UMA CIDADE EM CONVULSÕES

    São Cirilo retomou para a Igreja várias comunidades administradas pelos novacianistas, que era outra heresia, expulsando-os de Alexandria. Esse grupo isolacionista, auto-intitulado 'puritanos', era seguidor das teses de Novaciano, um padre do século III que aceitou ser irregularmente eleito Papa em oposição ao Papa Cornélio, tornando-se o primeiro antipapa. Ele teimosamente divulgava que aqueles que renegaram a fé e prestaram culto aos deuses pagãos durante as perseguições comandadas pelo imperador Décio, no ano de 250, não mereciam ser mais uma vez perdoados, pois teriam desonrado o sangue dos mártires.
    Além de cristãos e pagãos, Alexandria era habitada por judeus, que desde o século III antes de Cristo já haviam feito dela sua principal referência econômica e intelectual.
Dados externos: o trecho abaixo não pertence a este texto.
/// The choice for a domain, from a stage on.
pub(crate) fn resume<'s, S: AnswerSource>(
    walk: &mut Walk<'s>,
    seat: &mut S::Seat,
    context: &Context<'_, 's, S>,
    stage: &Stage,
) -> Result<Step, AllocError>
    requires fits { left_of.StageFits stage.now }
    requires needs { consult.Needs (consult.inquiry context.now) walk.old.known
        (left_of.stage_left context.now.secure context.now.caps.now (words_of context.now.words.now)
        context.now.name.now stage.now walk.old.targets.items) }
    requires consulted { consult.Consulted (S.ready context.now.source.now) S.goes
        (S.says context.now.source.now) (consult.inquiry context.now) context.now.start.value
        seat.old walk.old.known }
    ensures consulted { consult.Consulted (S.ready context.now.source.now) S.goes
        (S.says context.now.source.now) (consult.inquiry context.now) context.now.start.value
        seat.new walk.new.known }
    ensures extends { IfOk result (λ _. left_of.Extends walk.old.known walk.new.known) }
    ensures goes { IfOk result (λ step. left_of.Goes context.now walk.new.known
        (left_of.stage_left context.now.secure context.now.caps.now (words_of context.now.words.now)
        context.now.name.now stage.now)
        step walk.old.targets.items walk.new.targets.items) }
    ensures lacks { IfOk result
        (consult.StepLacks (S.says context.now.source.now seat.new)) }
{
    match stage {
        Stage::Rules => by_naptr(walk, seat, context),
        Stage::Along(candidates, service_stage) => {
            along(walk, seat, context, candidates, service_stage.as_ref())
        }
        Stage::Domain(transport, port, from) => {
            to_domain(walk, seat, context, *transport, *port, *from)
        }
    }
}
Eram, portanto, parte tradicional dessa sociedade, onde tinham um expressivo número de habitantes e por alguns séculos já gozavam de oficiais privilégios, previstos em leis.
    Durante uma de suas festividades, porém, eles acusaram Hierax, um exaltado monge católico, íntimo de São Cirilo, de incitar os cristãos em tumultos contra si, e por isso Orestes, prefeito do Egito que invejava a grande influência do Santo Patriarca e de outros bispos, inflamado pelos judeus, prendeu, torturou e em público executou este monge.
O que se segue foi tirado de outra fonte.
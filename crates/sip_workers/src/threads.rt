//! The threads of a run's workers: they are started, and what they bring home is joined.
ghost use Rattle.std.specs.Prelude.{◌≡◌, ◌+◌, ◌≤◌, ◌<◌, false, [], IsTrue, IfOk, IfSome, OnOk, length, map};
ghost use Rattle.std.specs.List.{All, AllZip, sum_by};
ghost use Rattle.crossbeam_channel.specs.Claims.{IsSeatAt, view};
ghost use Rattle.crossbeam_channel.specs.Ends.{sends_on};
ghost use Rattle.answer_cache.specs.Shared.{Belongs};
ghost use Rattle.sip_workers.specs.Deals.{AreTaken, BringsHome, ComesHome, IsInside, IsPromise, end_of};
ghost use Rattle.sip_workers.specs.Rules.{pass_view};

use crate::part::{Part, Plan, work};
use crate::queue::{Dealt, Queue, Right};
use crate::report::Report;
use answer_cache::{Seat, SharedCache};
use dns_queries::{Clock, Wire};
use sip_worker::{Gate, Job};
use std::alloc::AllocError;
use std::marker::PhantomData;
use std::snapshot::Snapshot;
use std::sync::Wait;
use std::thread::{Promise, PromisedHandle, Scope, Threads};

/// What the thread of a worker is to give.
#[derive(Drop)]
pub(crate) struct Promised<'a, J: Dealt, W: Wire, C: Clock, G> {
    queue: &'a Queue<J>,
    jobs: &'a [Job],
    cache: &'a SharedCache,
    gate: &'a G,
    first: Snapshot<Seat>,
    over: PhantomData<(W, C)>,
}

impl<'a, J: Dealt, W: Wire, C: Clock, G: Gate> Promise<Part<'a, W>> for Promised<'a, J, W, C, G> {
    ghost use Rattle.std.specs.Prelude.{IfOk, IsSomeAnd, OnOk};
    ghost use Rattle.crossbeam_channel.specs.Claims.{IsSeatAt, view};
    ghost use Rattle.crossbeam_channel.specs.Ends.{sends_on};
    ghost use Rattle.sip_workers.specs.Deals.{AreTaken, ComesHome, IsTaken};

    ghost kept_by = { λ it part. IsSeatAt (sends_on it.queue.now.sender) part.right
        × IsTaken (view part.right) part.ended
        × IfOk part.made (λ all.
        AreTaken W.gives C.shows it.cache.now (G.told it.gate.now) it.jobs.now
        (view part.right) all.items)
        × OnOk part.made (IsSomeAnd part.seat
        (ComesHome W.gives C.shows it.cache.now it.first.value)) };
}

/// What the workers brought home: their reports and their seats.
#[derive(Drop)]
pub(crate) struct Home<'a> {
    pub(crate) reports: Vec<Report<'a>>,
    pub(crate) seats: Vec<Seat>,
}

/// The thread of a worker.
pub(crate) type Running<'a, J, W, C, G> = PromisedHandle<Part<'a, W>, Promised<'a, J, W, C, G>>;

/// Starts the thread of a worker.
fn start<
    's,
    E: 's,
    J: Dealt + Send + Sync + 's,
    R: Threads + Wait + Sync + 's,
    W: Wire + Drop + Send + 's,
    C: Clock + Sync + 's,
    G: Gate + Sync + 's,
>(
    scope: &Scope<'s, E>,
    rt: &'s R,
    plan: &'s Plan<'s, J, C, G>,
    seat: Seat,
    wire: W,
    right: Right,
) -> Option<Running<'s, J, W, C, G>>
    requires made_here { Belongs plan.now.cache.now seat }
    requires queue { IsSeatAt (sends_on plan.now.queue.now.sender) right }
    requires fresh { view right ≡ pass_view false 1 [] [] }
    requires inside { All (IsInside plan.now.jobs.now) J.batches }
    ensures promised { IfSome result (λ thread.
        IsPromise plan.now.queue.now thread.promise.queue.now plan.now.jobs.now
        thread.promise.jobs.now plan.now.cache.now thread.promise.cache.now
        plan.now.gate.now thread.promise.gate.now) }
    ensures first { IfSome result (λ thread. thread.promise.first.value ≡ seat) }
{
    let promise = Promised {
        queue: plan.queue,
        jobs: plan.jobs,
        cache: plan.cache,
        gate: plan.gate,
        first: Snapshot::of(&seat),
        over: PhantomData,
    };
    scope
        .spawn_with(promise, move || work(rt, plan, seat, wire, right))
        .ok()
}

/// Starts a thread for each seat, and tells whether each could be.
pub(crate) fn start_all<
    's,
    E: 's,
    J: Dealt + Send + Sync + 's,
    R: Threads + Wait + Sync + 's,
    W: Wire + Drop + Send + 's,
    C: Clock + Sync + 's,
    G: Gate + Sync + 's,
>(
    scope: &Scope<'s, E>,
    rt: &'s R,
    plan: &'s Plan<'s, J, C, G>,
    own: &mut Right,
    seats: Vec<Seat>,
    mut wires: Vec<W>,
) -> Result<(Vec<Running<'s, J, W, C, G>>, bool), AllocError>
    requires made_here { All (Belongs plan.now.cache.now) seats.items }
    requires alike { length wires.items ≡ length seats.items }
    requires queue { IsSeatAt (sends_on plan.now.queue.now.sender) own.old }
    requires parts { length seats.items < (view own.old).parts }
    requires inside { All (IsInside plan.now.jobs.now) J.batches }
    ensures queue { IsSeatAt (sends_on plan.now.queue.now.sender) own.new }
    ensures stays { pass_view (view own.old).deals (view own.new).parts (view own.old).put
        (view own.old).taken ≡ view own.new }
    ensures promised { IfOk result (λ it. All (λ thread.
        IsPromise plan.now.queue.now thread.promise.queue.now plan.now.jobs.now
        thread.promise.jobs.now plan.now.cache.now thread.promise.cache.now
        plan.now.gate.now thread.promise.gate.now) it.0.items) }
    ensures all { IfOk result (λ it. IsTrue it.1 → (length it.0.items ≡ length seats.items)
        × ((view own.new).parts + length it.0.items ≡ (view own.old).parts)) }
    ensures firsts { IfOk result (λ it. IsTrue it.1
        → map (λ thread. thread.promise.first.value) it.0.items ≡ seats.items) }
{
    let mut threads = Vec::with_capacity(plan.alloc, seats.len())?;
    'seats: for seat in seats {
        let Some(wire) = wires.pop() else {
            unreachable!()
        };
        let right = plan.queue.cut(own);
        let Some(thread) = start(scope, rt, plan, seat, wire, right) else {
            return Ok((threads, false));
        };
        threads.push_reserved(thread);
    }
    Ok((threads, true))
}

/// Joins a worker, adds what it made and its seat to the rest, and tells whether it took an end.
fn join_one<'s, J: Dealt, R: Threads, W: Wire + Drop, C: Clock, G: Gate>(
    rt: &R,
    plan: &Plan<'s, J, C, G>,
    own: &mut Right,
    thread: Running<'s, J, W, C, G>,
    home: &mut Home<'s>,
) -> Result<bool, AllocError>
    requires queue { IsSeatAt (sends_on plan.now.queue.now.sender) own.old }
    requires promised { IsPromise plan.now.queue.now thread.promise.queue.now plan.now.jobs.now
        thread.promise.jobs.now plan.now.cache.now thread.promise.cache.now
        plan.now.gate.now thread.promise.gate.now }
    requires made { AreTaken W.gives C.shows plan.now.cache.now (G.told plan.now.gate.now)
        plan.now.jobs.now (view own.old) home.old.reports.items }
    ensures queue { IsSeatAt (sends_on plan.now.queue.now.sender) own.new }
    ensures stays { ((view own.new).deals ≡ (view own.old).deals)
        × ((view own.new).put ≡ (view own.old).put) }
    ensures part { (view own.new).parts ≡ (view own.old).parts + 1 }
    ensures made { OnOk result
        (AreTaken W.gives C.shows plan.now.cache.now (G.told plan.now.gate.now) plan.now.jobs.now
        (view own.new) home.new.reports.items) }
    ensures seat { OnOk result (BringsHome W.gives C.shows plan.now.cache.now
        thread.entry.promise.first.value home.old.seats.items home.new.seats.items) }
    ensures ended { IfOk result (λ ended. IsTrue ended
        → sum_by end_of (view own.old).taken + 1 ≤ sum_by end_of (view own.new).taken) }
{
    let Part {
        right,
        made,
        ended,
        seat,
        ..
    } = thread.join(rt);
    plan.queue.take_in(own, right);
    let mut made = made?;
    home.reports.append(&mut made)?;
    let Some(seat) = seat else { unreachable!() };
    home.seats.push(seat)?;
    Ok(ended)
}

/// What all workers brought home, and whether each took an end.
pub(crate) fn join_all<'s, J: Dealt, R: Threads, W: Wire + Drop, C: Clock, G: Gate>(
    rt: &R,
    plan: &Plan<'s, J, C, G>,
    own: &mut Right,
    mut threads: Vec<Running<'s, J, W, C, G>>,
) -> Result<(Home<'s>, bool), AllocError>
    requires queue { IsSeatAt (sends_on plan.now.queue.now.sender) own.old }
    requires none { (view own.old).taken ≡ [] }
    requires promised { All (λ thread.
        IsPromise plan.now.queue.now thread.promise.queue.now plan.now.jobs.now
        thread.promise.jobs.now plan.now.cache.now thread.promise.cache.now
        plan.now.gate.now thread.promise.gate.now) threads.items }
    ensures queue { IsSeatAt (sends_on plan.now.queue.now.sender) own.new }
    ensures stays { ((view own.new).deals ≡ (view own.old).deals)
        × ((view own.new).put ≡ (view own.old).put) }
    ensures parts { IfOk result (λ it.
        (view own.new).parts ≡ (view own.old).parts + length threads.entry.items) }
    ensures made { IfOk result (λ it.
        AreTaken W.gives C.shows plan.now.cache.now (G.told plan.now.gate.now) plan.now.jobs.now
        (view own.new) it.0.reports.items) }
    ensures seats { IfOk result (λ it. AllZip (ComesHome W.gives C.shows plan.now.cache.now)
        (map (λ thread. thread.promise.first.value) threads.entry.items) it.0.seats.items) }
    ensures ended { IfOk result (λ it. IsTrue it.1
        → length threads.entry.items ≤ sum_by end_of (view own.new).taken) }
{
    let mut home = Home {
        reports: Vec::new(plan.alloc),
        seats: Vec::with_capacity(plan.alloc, threads.len())?,
    };
    let mut ended = true;
    'threads: for thread in threads {
        ended &= join_one(rt, plan, own, thread, &mut home)?;
    }
    Ok((home, ended))
}

/// Waits for the threads, and drops what they made.
pub(crate) fn join_rest<J: Dealt, R: Threads, W: Wire + Drop, C: Clock, G: Gate>(
    rt: &R,
    mut threads: Vec<Running<'_, J, W, C, G>>,
) {
    'threads: while let Some(thread) = threads.pop() {
        thread.join(rt);
    }
}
    São Cirilo reagiu contundentemente: promoveu um encontro com os principais dos judeus e acusou-os de assassinato. Como resposta, raivosos judeus provocaram uma noite de matança de cristãos, atraindo-os aos gritos para uma grande igreja, fazendo alarde de que havia um princípio de incêndio. Temendo uma violenta reação da parte dos cristãos, nosso Patriarca lançou mão de sua autoridade e resolveu expulsar muitos dos judeus da cidade.
    Realmente não era fácil controlar as várias facções cristãs dessa grande metrópole, menor apenas que Roma e Constantinopla. E como Orestes recorreu ao imperador contra a expulsão dos judeus, alguns monges nitrianos apedrejaram sua comitiva, acusando-o de paganismo e ferindo-lhe na cabeça. Amônio, o monge que o teria atingido, foi capturado e também torturado até a morte, mas Cirilo mandou que recolhessem seu cadáver e, em consideração ao seu histórico, tratou-o como mártir, o que provocou novos atritos com o prefeito.
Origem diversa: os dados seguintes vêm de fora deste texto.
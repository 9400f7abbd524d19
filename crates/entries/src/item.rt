// An entry in a log.
use compaction::Entry;

// An entry, and whether it has been handed on.
#[derive(Clone, Copy, PartialEq, Eq, Debug, Default)]
pub struct Item {
    pub entry: Entry,
    pub handed: bool,
}
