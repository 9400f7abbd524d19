// What is read of a log's entries, and what goes out of them.
ghost use Rattle.std.specs.Prelude.{◌≡◌, ◌≤◌, not, ◌||◌, take};
ghost use Rattle.arrayvec.specs.ArrayVec.{array_vec_len};
ghost use Rattle.compaction.specs.Compaction.{named, holds_default};
ghost use Rattle.compaction.specs.Places.{place_from};
ghost use Rattle.compaction.specs.Replay.{replay};
ghost use Rattle.entries.specs.Items.{entries_of, other_items};

use crate::item::Item;
use arrayvec::ArrayVec;
use compaction::Entry;
use kinds::EntryKind;

// What the last entry of a name gives it, else the default.
pub fn last_content<K: EntryKind>(items: &[Item], name: u64) -> u64
    ensures { result ≡ replay K.kind (entries_of items.now) name }
{
    items
        .iter()
        .rfind(|item| K::is_same(item.entry.name, name))
        .map_or_else(|| K::default_content(name), |item| item.entry.content)
}

// Where the first entry of a name stands.
pub fn find<K: EntryKind>(items: &[Item], name: u64) -> Option<usize>
    ensures { result ≡ place_from K.kind name 0 (entries_of items.now) }
{
    items
        .iter()
        .position(|item| K::is_same(item.entry.name, name))
}

// Takes the entries of a name out of the first n, and says how many are left; they keep their order and their marks.
pub fn drop_same<K: EntryKind>(items: &mut [Item], n: usize, name: u64) -> usize
    ensures bound { result ≤ n }
    ensures after { take result items.new ≡ other_items K.kind name (take n items.old) }
{
    // a loop, since a slice has no `retain`
    let mut left = 0;
    for i in 0..n.min(items.len()) {
        let item = items[i];
        if !K::is_same(item.entry.name, name) {
            items[left] = item;
            left += 1;
        }
    }
    left
}

// The same for all of a vector, which ends after those that are left.
pub fn remove_same<K: EntryKind, const N: usize>(items: &mut ArrayVec<Item, N>, name: u64)
    ensures after { items.new.items ≡ other_items K.kind name items.old.items }
    ensures bound { array_vec_len items.new ≤ array_vec_len items.old }
{
    let count = items.len();
    let left = drop_same::<K>(items.as_mut_slice(), count, name);
    items.truncate(left);
}

// Whether an entry stays in the compaction, given those that come after it.
pub fn stays<K: EntryKind>(first: &Entry, later: &[Entry]) -> bool
    ensures { result ≡ not (named K.kind first.now.name later.now || holds_default K.kind first.now) }
{
    // a loop, since `any` took twice the time
    for next in later {
        if K::is_same(next.name, first.name) {
            return false;
        }
    }
    first.content != K::default_content(first.name)
}
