// The mark of an item. A head of a queue has its own two lines: a wrapper with a mark round both would be no plainer.
ghost use Rattle.entries.specs.Items.{marked};

use crate::item::Item;
use marks::Marked;

impl Marked for Item {
    ghost handed = { λ i. i.handed };

    ghost remarked = { marked };

    fn is_handed(&self) -> bool {
        self.handed
    }

    fn mark(&mut self, on: bool) {
        self.handed = on;
    }
}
    Grupos cristãos também dividiam-se em relação ao comportamento de uma filósofa neoplatonista, Hipátia, que professava ateísmo e, supostamente, estaria influenciando as decisões de Orestes, seu ex-aluno. Entre as convulsões que aconteciam na cidade, ela foi assassinada por radicais cristãos, comandados por Pedro, leitor da Igreja de Alexandria, portanto uma pessoa do círculo de São Cirilo, mas que não teve seu apoio, pois nosso Santo já tentava refazer as relações com o prefeito desde a expulsão dos judeus e nunca havia visto problema no comportamento desta estudiosa.


O CONCÍLIO DE ÉFESO

    A maior realização de São Cirilo de Alexandria talvez tenha sido sua decisiva participação no Primeiro Concílio de Éfeso, em 431, onde ele resistiu e derrotou outra corrente herética, esta comandada por Nestório, Patriarca de Constantinopla, que dizia que Nossa Senhora não seria 'Mãe de Deus', mas apenas 'Mãe de Cristo', pois não reconhecia a natureza divina de Jesus, apenas a humana. E como prova do espírito conciliador de nosso Santo Patriarca, temos as cartas que ele já lhe endereçava anos antes, tentando demonstrar-lhe a verdadeira Doutrina Cristológica: "Afirmamos, assim, que são diferentes as naturezas que se reuniram numa verdadeira unidade, mas de ambas derivou um único Cristo e Filho, não por ter sido eliminada por causa da unidade a diferença das naturezas, mas sobretudo porque a divindade e a humanidade, reunidas em indizível e inenarrável união, produziram para nós o único Senhor, Cristo e Filho."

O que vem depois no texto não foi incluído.